• _PROVIDED ENTRIES_:

//! What keeps a vault.
ghost use Rattle.std.specs.Prelude.{◌≡◌, ◌≤◌, IfOk, OnOk, OnErr};
ghost use Rattle.vault_core_model.specs.Leaves.{Leaves, ReadsAs};
ghost use Rattle.vault_core_model.specs.Vault.{caller_of, config_of, has_department, next_id, note_of, rules_of};
ghost use Rattle.vault_core_model.specs.Reads.{buckets_after, content_of, entries_of, entry_of, head_of, ids_before, keys_after, removed_entries, setting_of, settings_of, tenures_of};
ghost use Rattle.vault_core_model.specs.Change.{changed};
ghost use Rattle.vault_core_model.specs.Allowed.{Allows};
ghost use Rattle.vault_core_model.specs.Halts.{is_device_given};
ghost use Rattle.vault_core_model.specs.Handing.{Hands, Taking};
ghost use Rattle.vault_core_model.specs.Totals.{IsRowFor, bucket_bytes, bucket_weight};

use crate::change::Change;
use crate::halt::Fault;
use crate::kept::Kept;
use crate::records::{BucketConfig, Caller, Entry, Head, LastSetting, Note, Settings, Tenures};
use vault_base::content::Content;
use vault_base::moment::Moment;
use vault_base::name::{
    BatchName, BucketName, CallerName, DeptName, KeyPrefix, ObjectKey, VersionId,
};
use vault_rules::plan::Held;
use vault_rules::rule_set::RuleSet;
use vault_tally::row::Row;

/// What takes the removed entries that a keeper hands on.
pub trait Sink {
    /// What it does with an entry: the sink before, the entry, whether it took it, the sink after.
    ghost takes: { Taking Self };

    /// Takes an entry, or refuses it and every one after it.
    fn take(&mut self, entry: &Entry) -> bool
        ensures { takes self.old entry.now result self.new };
}

/// What keeps a vault: a list of histories, or tables in a file.
///
/// A read answers what its name says of the vault and changes nothing, also where it fails. What it says
/// holds while the device has returned what was written (`is_honest`). The count of failures rises by one, up
/// to its greatest value, exactly where the answer is `Device`.
pub trait Keeper: Kept {
    /// How often its device failed, up to the greatest number.
    fn faults(&self) -> u64
        ensures { result ≡ Self.count self.now };

    /// The moment of the last change.
    fn last(&mut self) -> Result<Moment, Fault>
        ensures value { Self.is_honest self.new → IfOk result (λ at. at ≡ (Self.vault self.old).last) }
        ensures leaves { ReadsAs Self.Kept self.old self.new result };

    /// The id that the next entry gets.
    fn next_id(&mut self) -> Result<u64, Fault>
        ensures value { Self.is_honest self.new → IfOk result (λ id. id ≡ next_id (Self.vault self.old)) }
        ensures leaves { ReadsAs Self.Kept self.old self.new result };

    /// The caller of that name, open or closed.
    fn caller(&mut self, name: &CallerName) -> Result<Option<Caller>, Fault>
        ensures value { Self.is_honest self.new → IfOk result (λ found. found ≡ caller_of (Self.vault self.old) name.now) }
        ensures leaves { ReadsAs Self.Kept self.old self.new result };

    /// Whether there is such a department.
    fn dept(&mut self, name: &DeptName) -> Result<bool, Fault>
        ensures value { Self.is_honest self.new → IfOk result (λ found. found ≡ has_department (Self.vault self.old) name.now) }
        ensures leaves { ReadsAs Self.Kept self.old self.new result };

    /// The department and the default retention of a bucket.
    fn bucket(&mut self, name: &BucketName) -> Result<Option<BucketConfig>, Fault>
        ensures value { Self.is_honest self.new → IfOk result (λ found. found ≡ config_of (Self.vault self.old) name.now) }
        ensures leaves { ReadsAs Self.Kept self.old self.new result };

    /// The lifecycle rules of a bucket; none where it has none.
    fn rules(&mut self, bucket: &BucketName) -> Result<Option<RuleSet>, Fault>
        ensures value { Self.is_honest self.new → IfOk result (λ found. found ≡ rules_of (Self.vault self.old) bucket.now) }
        ensures leaves { ReadsAs Self.Kept self.old self.new result };

    /// The newest held entry of a key and how many are held; none where none is.
    fn head(&mut self, bucket: &BucketName, key: &ObjectKey) -> Result<Option<Head>, Fault>
        ensures value { Self.is_honest self.new → IfOk result (λ found. found ≡ head_of (Self.vault self.old) bucket.now key.now) }
        ensures leaves { ReadsAs Self.Kept self.old self.new result };

    /// The held entries of a key, oldest first.
    fn entries(&mut self, bucket: &BucketName, key: &ObjectKey) -> Result<Vec<Held>, Fault>
        ensures value { Self.is_honest self.new → IfOk result (λ held. held.items ≡ entries_of (Self.vault self.old) bucket.now key.now) }
        ensures leaves { ReadsAs Self.Kept self.old self.new result };

    /// The entry of an id, held or removed.
    fn entry(&mut self, id: VersionId) -> Result<Option<Entry>, Fault>
        ensures value { Self.is_honest self.new → IfOk result (λ found. found ≡ entry_of (Self.vault self.old) id) }
        ensures leaves { ReadsAs Self.Kept self.old self.new result };

    /// The last setting of a version, and how many it has; a marker has none.
    fn setting(&mut self, id: VersionId) -> Result<Option<LastSetting>, Fault>
        ensures value { Self.is_honest self.new → IfOk result (λ found. found ≡ setting_of (Self.vault self.old) id) }
        ensures leaves { ReadsAs Self.Kept self.old self.new result };

    /// The settings of an entry, oldest first; a marker has none.
    fn settings(&mut self, id: VersionId) -> Result<Settings, Fault>
        ensures value { Self.is_honest self.new → IfOk result (λ found. found ≡ settings_of (Self.vault self.old) id) }
        ensures leaves { ReadsAs Self.Kept self.old self.new result };

    /// Whether it registers contents that are kept outside.
    fn external(&mut self) -> Result<bool, Fault>
        ensures value { Self.is_honest self.new → IfOk result (λ external. external ≡ (Self.vault self.old).external) }
        ensures leaves { ReadsAs Self.Kept self.old self.new result };

    /// The content of a held version.
    fn content(&mut self, id: VersionId) -> Result<Option<Content>, Fault>
        ensures value { Self.is_honest self.new → IfOk result (λ found. found ≡ content_of (Self.vault self.old) id) }
        ensures leaves { ReadsAs Self.Kept self.old self.new result };

    /// The first of the bucket's keys after `after` that have a held entry, by their bytes: at most `most`.
    fn keys(
        &mut self,
        bucket: &BucketName,
        after: &KeyPrefix,
        most: u32,
    ) -> Result<Vec<ObjectKey>, Fault>
        ensures value { Self.is_honest self.new → IfOk result (λ keys. keys.items ≡ keys_after (Self.vault self.old) bucket.now after.now most) }
        ensures leaves { ReadsAs Self.Kept self.old self.new result };

    /// At most `most` ids of a key's held entries, newest first: those older than `than`, or all if it is none.
    fn ids(
        &mut self,
        bucket: &BucketName,
        key: &ObjectKey,
        than: Option<VersionId>,
        most: u32,
    ) -> Result<Vec<VersionId>, Fault>
        ensures value { Self.is_honest self.new → IfOk result (λ ids. ids.items ≡ ids_before (Self.vault self.old) bucket.now key.now than most) }
        ensures leaves { ReadsAs Self.Kept self.old self.new result };

    /// At most `most` names of buckets, by their bytes: those after `after`, or all if it is empty.
    fn buckets(&mut self, after: &str, most: u32) -> Result<Vec<BucketName>, Fault>
        ensures value { Self.is_honest self.new → IfOk result (λ names. names.items ≡ buckets_after (Self.vault self.old) after.now most) }
        ensures leaves { ReadsAs Self.Kept self.old self.new result };

    /// The note of an accepted line of an intake batch.
    fn note(
        &mut self,
        bucket: &BucketName,
        batch: &BatchName,
        line: u32,
    ) -> Result<Option<Note>, Fault>
        ensures value { Self.is_honest self.new → IfOk result (λ found. found ≡ note_of (Self.vault self.old) bucket.now batch.now line) }
        ensures leaves { ReadsAs Self.Kept self.old self.new result };

    /// Hands on each removed entry by rising id: true after all of them, false where the sink refused.
    fn walk_removed<S: Sink>(&mut self, sink: &mut S) -> Result<bool, Fault>
        ensures value { Self.is_honest self.new → Hands S.takes sink.old (removed_entries (Self.vault self.old)) result sink.new }
        ensures leaves { ReadsAs Self.Kept self.old self.new result };

    /// How many moves of buckets were made.
    fn moves(&mut self) -> Result<u32, Fault>
        ensures value { Self.is_honest self.new → IfOk result (λ made. made ≡ (Self.vault self.old).moves) }
        ensures leaves { ReadsAs Self.Kept self.old self.new result };

    /// The tenures of an entry, oldest first; a marker has none.
    fn tenures(&mut self, id: VersionId) -> Result<Tenures, Fault>
        ensures value { Self.is_honest self.new → IfOk result (λ found. found ≡ tenures_of (Self.vault self.old) id) }
        ensures leaves { ReadsAs Self.Kept self.old self.new result };

    /// The bytes held in a bucket, and their weight: each byte times the day from which its department has it.
    fn bucket_held(&mut self, bucket: &BucketName) -> Result<(u64, u64), Fault>
        ensures value { Self.is_honest self.new → IfOk result (λ held. (held.0 ≡ bucket_bytes (Self.vault self.old) bucket.now) × (held.1 ≡ bucket_weight (Self.vault self.old) bucket.now)) }
        ensures leaves { ReadsAs Self.Kept self.old self.new result };

    /// The sums of a department.
    fn totals(&mut self, dept: &DeptName) -> Result<Row, Fault>
        ensures value { Self.is_honest self.new → IfOk result (λ row. IsRowFor (Self.vault self.old) dept.now row) }
        ensures leaves { ReadsAs Self.Kept self.old self.new result };

    /// Makes a change at a moment, which becomes the last one; or changes nothing.
    fn apply(&mut self, at: Moment, change: &Change) -> Result<(), Fault>
        requires in_time { Self.is_honest self.old → (Self.vault self.old).last ≤ at }
        requires allowed { Self.is_honest self.old → Allows (Self.vault self.old) at change.now }
        ensures ok { OnOk result (Self.vault self.new ≡ changed (Self.vault self.old) at change.now) }
        ensures err { OnErr result (Self.vault self.new ≡ Self.vault self.old) }
        ensures leaves { Leaves Self.Kept self.old self.new (is_device_given result) };
}

/// Makes a change at a moment and drops it, so that a command has none to drop on each of its own ways out.
pub fn make_change<K: Keeper>(keeper: &mut K, at: Moment, change: Change) -> Result<(), Fault>
    requires in_time { K.is_honest keeper.old → (K.vault keeper.old).last ≤ at }
    requires allowed { K.is_honest keeper.old → Allows (K.vault keeper.old) at change }
    ensures ok { OnOk result (K.vault keeper.new ≡ changed (K.vault keeper.old) at change) }
    ensures err { OnErr result (K.vault keeper.new ≡ K.vault keeper.old) }
    ensures leaves { Leaves K.Kept keeper.old keeper.new (is_device_given result) }
{
    keeper.apply(at, &change)
}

• _WHAT NEEDS TO BE DONE_: In the material above, tally every line with the string "BatchName" in it, then give that number alone.

• _RESULT FOR THIS EXERCISE_: 2